The elder repeated the aforementioned universal gesture, flashing me a lascivious grin. Even though I didn’t want any more lead in my pencil, I figured I’d be offending my hosts if I refused to eat the bat’s penis. Also, every traveller’s mantra is (or should be): Eat what your hosts eat, and then you’ll understand them a lot better.
So, with a quick flick of my knife, I sliced off the bat’s organ of generation, popped it in my mouth, chewed and then swallowed what tasted like a piece of leather soaked in Angostura bitters. No, I’m being overly kind. The organ in question tasted like a concentrate of uric acid wrapped in old tyre tread.
The feast went on, but I didn’t feel like approaching any of the scantily clad women seated around me for a postprandial liaison.

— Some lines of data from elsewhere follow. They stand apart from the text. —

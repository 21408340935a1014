//! Texts that are read, or refused, while memory is wanting.

use crate::turns::{Ended, Room, Task, Turn, tried};
use juniper_language::{
    DefaultScalarValue, Definition, LexerError, ParseError, Spanning, decode_string,
    parse_document_source,
};
use std::alloc::{AllocError, Global};
use std::test::Fail;

/// A text, and what is to become of it.
#[derive(Drop)]
struct Reading {
    text: &'static str,
    /// How many definitions it has, or why it is refused.
    expected: Result<usize, ParseError>,
}

impl Task for Reading {
    fn turn(&mut self, alloc: Global, room: Room) -> Turn {
        let held_back = room.hold_back(alloc);
        let outcome = parse_document_source::<DefaultScalarValue>(alloc, self.text);
        drop(held_back);
        match outcome {
            Ok(document) => self.ending(Ok(document.len())),
            Err(refusal) => self.ending(Err(refusal.item)),
        }
    }
}

impl Reading {
    /// How a turn with this outcome ended.
    fn ending(&self, outcome: Result<usize, ParseError>) -> Turn {
        if outcome == Err(ParseError::Memory) {
            Turn::Refused
        } else if outcome == self.expected {
            Turn::Answered
        } else {
            Turn::Wrong
        }
    }
}

/// A document with each part of the grammar.
const DOCUMENT: &str =
    r#"query Q($a: [Int!]! = [1, 2], $b: Point = {x: 1, y: [RED, null]} @used) @named(by: "q\u0041") {
  first: hero(episode: $a, note: "\"a\n\\", at: {x: 1, y: {z: $b}}) @include(if: true) { id ... on Human @skip(if: false) { name } ...F }
  ... { second } ... @skip(if: true) { third }
}
mutation { add(n: -1) { total } }
subscription S { ticks }
fragment F on Human @shown { friends { id name } }
"#;

#[test]
fn a_document_is_read_or_memory_is_wanting(rt: HostRuntime) -> Result<(), Fail> {
    let mut reading = Reading {
        text: DOCUMENT,
        expected: Ok(4),
    };
    assert_eq!(rt; tried(rt.alloc(), &mut reading)?, Ended::Answered);
    Ok(())
}

#[test]
fn a_text_is_refused_or_memory_is_wanting(rt: HostRuntime) -> Result<(), Fail> {
    let alloc = rt.alloc();
    let escape = String::from_str(alloc, "\\q")?;
    let mut reading = Reading {
        text: r#"query Q($a: [Int!]! = [1, 2]) { hero(episode: $a) { id ... on Human { name(of: "an \q escape") } } }"#,
        expected: Err(ParseError::LexerError(LexerError::UnknownEscapeSequence(escape))),
    };
    assert_eq!(rt; tried(alloc, &mut reading)?, Ended::Answered);
    Ok(())
}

The bat’s pièce de résistance, so to speak, had no more effect on me than if I had eaten a bowl of vanilla yoghurt.
A few hours later, the feast was over. As I was heading back to my tent, a teenage boy with a buzz cut approached me. ‘That was gross,’ he said.
‘What was gross?’ I asked him.
‘Eating your
fanihi
’s penis,’ he observed. His face was contorted into a grimace.
‘But I thought it was the custom around here.’
‘Maybe long ago, but not any more. Well, a few old guys might still do it, but they’d get better results if they just watched a porn video.’
Only connect,
said English novelist E. M. Forster. At least I’d connected with one person, the wizened elder, and validated a
time-honoured tradition in his eyes. Unless, of course, that elder had been pulling my leg. Might he have made a bet with his friends that he could convince the gullible American to eat a fruit bat’s penis? It didn’t seem altogether out of the question …
That night I hardly slept a wink. There seemed to be something trapped in my stomach. Something that desperately wanted out. Around 3am, I got up, staggered out of my tent, and liberated it, whereupon I imagined a furry creature suddenly rising from the ground and fluttering off into the night on big dark wings.